§ Activity
The response should consist of every line below, unchanged.

+---+

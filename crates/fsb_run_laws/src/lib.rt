//! What a timely run has at a clock, and one clock on: laws over the definitions, and no code.
//!
//! The moments of a run say what its whole trace says; and each list and each state that the agents
//! go by is, one clock on, that of before with what happens at the clock. `specs/` has the few
//! words that the steps need.
#![tactic(auto)]

pub use lines::{
    ends_bring_lines, last_puts_step, line_states_step, replies_serve_deferrals,
    victims_are_dirty_rivals,
};
pub use moments::{
    last_clocks_are_told, moments_have_the_answers, open_lists_are_told, open_lists_step,
    outstanding_lists_are_told, outstanding_lists_step, turns_step,
};
pub use scripts::{completions_have_clocks, idling_starts, next_items_step};

mod lines;
mod moments;
mod scripts;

+---+

§ Result of this task
filename crates/fsb_run_laws/src/lib.rt
//! What a timely run has at a clock, and one clock on: laws over the definitions, and no code.
//!
//! The moments of a run say what its whole trace says; and each list and each state that the agents
//! go by is, one clock on, that of before with what happens at the clock. `specs/` has the few
//! words that the steps need.
#![tactic(auto)]

pub use lines::{
    ends_bring_lines, last_puts_step, line_states_step, replies_serve_deferrals,
    victims_are_dirty_rivals,
};
pub use moments::{
    last_clocks_are_told, moments_have_the_answers, open_lists_are_told, open_lists_step,
    outstanding_lists_are_told, outstanding_lists_step, turns_step,
};
pub use scripts::{completions_have_clocks, idling_starts, next_items_step};

mod lines;
mod moments;
mod scripts;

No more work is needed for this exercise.